This is from "Interspousal Violence," a paper by Brinkerhoff and Lupri. (Two professors at the University of Calgary), printed in the Canadian Journal of Sociology 13(4) 1988. 

Unlike other reports that focus exclusively on violence against women, this study included 562 married and cohabiting couples in Calgary.  Both members of the couple were interviewed separately.  While one member was being interviewed, the other filled in a questionnaire.  Both were asked to report acts that they had committed. The authors noted that their figures might represent substantial understatements of the truth because some people thought violence so normal that they did not bother to report minor incidents; because others were too ashamed to report their own perpetration or victimization; and because divorced couples, among whom severe violence may well have been a reason for marital breakdown, were not included in the survey.

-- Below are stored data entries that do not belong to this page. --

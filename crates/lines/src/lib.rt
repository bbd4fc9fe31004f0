// What the page shows of an image that is held from byte 0 (document 01, "Lines, rows, sets"): the data
// pixels of one line as a part of the caller's bytes. Earlier lines are not read: a line's place follows
// from the plan.
#![tactic(auto)]

ghost use Rattle.std.specs.Prelude.{◌≡◌, ◌+◌, ◌*◌, ◌≤◌, length, Ok};
ghost use Rattle.plan.specs.Plan.{image, first_codes, due_of, Placed};
ghost use Rattle.headers.specs.Header.{header_of};
ghost use Rattle.lines.specs.declared.Unshown.TheVariants.{Refused};
ghost use Rattle.lines.specs.View.{pixels_from, shown_of, found_in, line_at, line_of, sorted_of, view_of, pixels_of, Lined, Leads};

use plan::{Due, Plan};
use verdicts::Verdict;
use words::Refusal;

// What a line view shows: the place of its first data pixel in the file, the data count and the left
// fill.
#[derive(Clone, Copy)]
pub struct Shown {
    pub start: u64,
    pub count: u64,
    pub left: u64,
}

// Why nothing is shown: the bytes still missing; or the refusal.
#[derive(Clone, Copy)]
pub enum Unshown {
    Wait(u64),
    Refused(Refusal),
}

// What a line view answers.
pub type View = Result<Shown, Unshown>;

// A view, and the sort of the samples that it shows; 0 where the first record has not passed.
#[derive(Clone, Copy)]
pub struct Sorted {
    pub sort: u64,
    pub view: View,
}

// What is found in line k's record, which is due there and has room for a line's numbers: header (3, 4,
// 5), then body (10). Where nothing is wrong, bytes that are there are not asked for one by one.
fn found(p: Plan, k: u64, d: Due, r: &[u8]) -> Verdict
    requires { (d.run ≡ 1) × (32 ≤ length r.now) }
    ensures { result ≡ found_in p k d r.now }
{
    let fine = words::both(
        headers::header_there(d.ordinal, d.codes, d.length, r),
        image::line_there(p.w, k, r),
    );
    if fine {
        return Ok(());
    }
    headers::header(d.ordinal, d.codes, d.length, r)?;
    image::line(p.w, k, r)
}

// Pixels start L - s - d bytes into a line's record, which may be more than the 192 of its front.
fn pixels_from(p: Plan) -> u64
    requires { p.s + p.d ≤ p.l }
    ensures { (result ≡ pixels_from p) × (result ≤ p.l) }
{
    p.l - p.s - p.d
}

// What is shown of a line's record that starts there: the data pixels skip the left fill.
fn shown_at(p: Plan, start: u64, r: &[u8]) -> Shown
    requires start_bound { (start ≤ 20000000000000) × (p.s + p.d ≤ p.l) × (p.l ≤ 99999999) }
    requires in_bounds { 32 ≤ length r.now }
    ensures { Ok result ≡ shown_of p start r.now }
{
    let left = words::four_there(r, words::place(21));
    let count = words::four_there(r, words::place(25));
    let group = plan::sort_at(p.sort).group;
    Shown {
        start: start + pixels_from(p) + group * left,
        count,
        left,
    }
}

// Line k, whose record is due there: wait for the bytes still missing to its record's end, then judge
// that record alone.
fn line_at(p: Plan, k: u64, d: Due, bytes: &[u8]) -> View
    requires lined { Lined p × Placed d × (p.s + p.d ≤ p.l) }
    requires run_value { (d.run ≡ 1) × (32 ≤ d.length) }
    ensures { result ≡ line_at p k d bytes.now }
{
    let end = d.start + d.length;
    let len = bytes.len() as u64;
    if len < end {
        return Err(Unshown::Wait(end - len));
    }
    let r = &bytes[d.start as usize..end as usize];
    if let Err(x) = found(p, k, d, r) {
        return Err(Unshown::Refused(Refusal {
            number: x.number,
            record: d.ordinal,
            place: d.start + x.place,
        }));
    }
    Ok(shown_at(p, d.start, r))
}

// Line k's record as it is due: all lines are of one run, so it is not looked for among the runs.
fn line_due(p: Plan, k: u64) -> Due
    requires { Lined p × (1 ≤ k) × (k ≤ p.n) }
    ensures value { result ≡ due_of image p k }
    ensures placed { Placed result × (result.run ≡ 1) × (32 ≤ result.length) }
{
    Due {
        ordinal: k + 1,
        run: 1,
        codes: plan::line_codes(p.sort),
        length: p.l,
        start: plan::first_length(plan::IMAGE) + (k - 1) * p.l,
    }
}

// Line k of an image with that plan, or 13.
fn line(p: Plan, k: u64, bytes: &[u8]) -> View
    requires { Lined p }
    ensures { result ≡ line_of p k bytes.now }
{
    if words::within(1, k, p.n) {
        return line_at(p, k, line_due(p, k), bytes);
    }
    Err(Unshown::Refused(words::bare(13)))
}

// The header of the first record, on bytes that have come.
fn first_header(b: &[u8]) -> Verdict
    requires { 12 ≤ length b.now }
    ensures { result ≡ header_of 1 (first_codes image) 720 b.now }
{
    let codes = plan::first_codes(plan::IMAGE);
    if headers::header_there(1, codes, 720, b) {
        return Ok(());
    }
    headers::header(1, codes, 720, b)
}

// A refusal of the first record, which starts at 0.
fn refused(x: Refusal) -> Unshown
    ensures { result ≡ Refused (record { number = x.number; «record» = 1; place = x.place }) }
{
    Unshown::Refused(Refusal { record: 1, ..x })
}

// The plan that the first record names, the record read as in the walk, open; or its own wait or refusal. The
// walk itself is not called: its state would be moved about for one record (docs/SPEED.md).
fn first_plan(bytes: &[u8]) -> Result<Plan, Unshown>
    ensures { Leads bytes.now result }
{
    let len = bytes.len() as u64;
    if len < 12 {
        return Err(Unshown::Wait(12 - len));
    }
    first_header(bytes).map_err(refused)?;
    if len < 720 {
        return Err(Unshown::Wait(720 - len));
    }
    bodies::of_image(&bytes[..720]).map_err(refused)
}

// The line view with the sort, asked of an image prefix held from byte 0: the first record; then line k.
// Asking for the last line costs no more than asking for the first.
pub fn sorted_view(bytes: &[u8], k: u64) -> Sorted
    ensures { result ≡ sorted_of bytes.now k }
{
    match first_plan(bytes) {
        Ok(p) => Sorted {
            sort: p.sort,
            view: line(p, k, bytes),
        },
        Err(x) => Sorted {
            sort: 0,
            view: Err(x),
        },
    }
}

// The line view.
pub fn line_view(bytes: &[u8], k: u64) -> View
    ensures { result ≡ view_of bytes.now k }
{
    sorted_view(bytes, k).view
}

// The line's data pixels, as the part of the caller's bytes that they are; empty where nothing is
// shown.
pub fn pixels(bytes: &[u8], k: u64) -> &[u8]
    ensures { result.now ≡ pixels_of bytes.now k }
{
    let x = sorted_view(bytes, k);
    let group = plan::sort_at(x.sort).group;
    let Ok(shown) = x.view else {
        return &bytes[0..0];
    };
    let from = shown.start as usize;
    let to = (shown.start + group * shown.count) as usize;
    &bytes[from..to]
}
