// The card builder (document 02, No. 1): from a closed image and its closed leader the card that `cards`
// reads. The image's refusal, the leader's, then 37; on any of them nothing is written.
#![tactic(auto)]

ghost use Rattle.std.specs.Prelude.{◌≡◌, true, ◌++◌, ◌+◌, ◌*◌, ◌≤◌, length};
ghost use Rattle.words.specs.Tests.{within_of};
ghost use Rattle.writing.specs.Writing.{written, four_of};
ghost use Rattle.plan.specs.Plan.{leader, run_counts, run_lengths, Small, total_of};
ghost use Rattle.card_build.specs.Build.{closed, named_by, first_bytes, line_bytes, leader_bytes, lines_bytes, leaders_bytes, card_bytes, card_long};
ghost use Rattle.card_build.specs.Build.{fitted_of, fitted_card, built_of, card_of, Planned};

use plan::Plan;
use turns::Stop;
use walk::State;
use words::Refusal;

// How many bytes the card has; or why there is none.
pub type Built = Result<u64, Refusal>;

// One more than the most records that a plan can have: a walk with this budget does not pause.
const BUDGET: u64 = 17000002;

// The plan that a whole file names, or its refusal: its closed walk.
fn named(kind: u64, bytes: &[u8]) -> Result<Plan, Refusal>
    requires { within_of 1 kind 4 ≡ true }
    ensures { result ≡ named_by (closed kind bytes.now) }
{
    let fresh = State::none().begin(kind)?;
    let walked = fresh.walk(bytes, true, BUDGET);
    if let Stop::Refused(r) = walked.stop {
        return Err(r);
    }
    Ok(walked.state.plan)
}

// Two numbers of four bytes each.
#[tactic(auto, using(writing::proofs::WrittenLaws::written_on))]
fn put_two(out: &mut [u8], at: usize, a: u64, b: u64)
    requires { at + 8 ≤ length out.old }
    ensures { out.new ≡ written out.old at (four_of a ++ four_of b) }
{
    writing::four(out, at, a);
    writing::four(out, at + 4, b);
}

// Kind 1: n, L, w, d.
fn put_first(p: Plan, out: &mut [u8])
    requires { 17 ≤ length out.old }
    ensures { out.new ≡ written out.old 0 (first_bytes p) }
{
    out[0] = 1;
    put_two(out, 1, p.n, p.l);
    put_two(out, 9, p.w, p.d);
}

// Kind 2: line number, left fill, data count.
fn put_line(out: &mut [u8], at: usize, k: u64, left: u64, count: u64)
    requires { at + 13 ≤ length out.old }
    ensures { out.new ≡ written out.old at (line_bytes k left count) }
{
    out[at] = 2;
    writing::four(out, at + 1, k);
    put_two(out, at + 5, left, count);
}

// Kind 3: the leader record's ordinal, start and length.
#[tactic(auto, using(crate::proofs::BuildLaws::leader_put))]
fn put_leader(out: &mut [u8], at: usize, k: u64, start: u64, long: u64)
    requires { at + 10 ≤ length out.old }
    ensures { out.new ≡ written out.old at (leader_bytes k start long) }
{
    out[at] = 3;
    out[at + 1] = (k % 256) as u8;
    put_two(out, at + 2, start, long);
}

// An entry for every line, behind the first: the numbers that its record says.
fn put_lines(image: &[u8], p: Plan, out: &mut [u8])
    requires { (p.n ≤ 999999) × (p.l ≤ 99999999) × (17 + 13 * p.n ≤ length out.old) }
    ensures { out.new ≡ written out.old 17 (lines_bytes p.n 0 720 p.l image.now) }
{
    for k in 0..p.n {
        let at = (720 + k * p.l) as usize;
        let left = words::four(image, at + words::place(21));
        let data = words::four(image, at + words::place(25));
        put_line(out, 17 + 13 * k as usize, k + 1, left, data);
    }
}

// An entry for every leader record, from a place on: where the walk has it, and how long.
fn put_leaders(q: Plan, records: u64, out: &mut [u8], from: usize)
    requires small { Small (run_counts leader q) (run_lengths leader q) }
    requires records_bound { (records ≤ total_of leader q) × (from + 10 * records ≤ length out.old) }
    ensures { out.new ≡ written out.old from (leaders_bytes records 0 q) }
{
    for k in 0..records {
        let due = plan::due_of(plan::LEADER, q, k);
        put_leader(out, from + 10 * k as usize, k + 1, due.start, due.length);
    }
}

// The card of two plans: 37 where it does not fit.
fn fitted(image: &[u8], p: Plan, q: Plan, card: &mut [u8]) -> Built
    requires { Planned p q }
    ensures value { result ≡ fitted_of p q (length card.old) }
    ensures card_after { card.new ≡ fitted_card p q image.now card.old }
{
    let records = plan::total(plan::LEADER, q);
    let long = 17 + 13 * p.n + 10 * records;
    if (card.len() as u64) < long {
        return Err(words::bare(37));
    }
    let lines = 13 * p.n as usize;
    put_first(p, card);
    put_lines(image, p, card);
    put_leaders(q, records, card, 17 + lines);
    Ok(long)
}

// Builds the card of an image and its leader, both whole, at the start of the lent bytes; those behind
// it stay.
pub fn build(image: &[u8], leader: &[u8], card: &mut [u8]) -> Built
    ensures value { result ≡ built_of image.now leader.now (length card.old) }
    ensures card_after { card.new ≡ card_of image.now leader.now card.old }
{
    let scene = named(plan::IMAGE, image)?;
    let notes = named(plan::LEADER, leader)?;
    fitted(image, scene, notes, card)
}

  The table below summarizes the findings of this study:

 

During this past year of marriage                     

                                              Wife-to-             Husband-

or living together, I...                                         

                                              husband %        to-wife %

----------------------------------------- --------

1. Threatened to hit or throw something at the other    

-- once                         8.9            10.5

-- twice or more         10.8           6.8

 

2. Pushed, grabbed, or shoved the other

-- once                         7.8              9.8

-- twice or more           6.2            5.2

 

3. Slapped the other

-- once                         5.2              4.1

-- twice or more           2.6            1.8

 

4. Kicked, bit, or hit the other with a fist     

-- once                         3.7              2.1

-- twice or more           2.7            1.1

 

5. Hit or tried to hit the other

-- once                         7.5              5.7

-- twice or more           6.5            3.1

 

6. Beat up the other one

-- at least once            1.8              1.7

 

7. Threatened the other with a knife or gun

-- at least once            1.3              0.6

 

8. Used a knife or gun on the other           

                                   1 case          none

=======================================

Correspondence:

Professor Merlin B. Brinkerhoff or Professor Eugen Lupri,

Department of Sociology, University of Calgary,

Calgary Alberta,

T2N 1N4

Other notes

--------------------------------------------------------

When the authors looked into their figures more closely, some fascinating trends began to emerge.  For example, the more highly educated a man is, the less likely he is to be violent toward his partner.  Female violence, on the other hand, increases with education.  In fact, college-educated women were nearly twice as likely to assault their partners as college-educated men (14.5 percent versus 8.8 percent).

Other findings suggest that critics of the conventional family may be misguided.  Younger, unmarried, and childless couples were all much more likely than older, married couples with children to engage in acts of violence.  The only exception to this occurred among couples in which the man was of pension-able age -- men aged sixty-five and above were more likely than middle-aged men to be violent toward their spouses.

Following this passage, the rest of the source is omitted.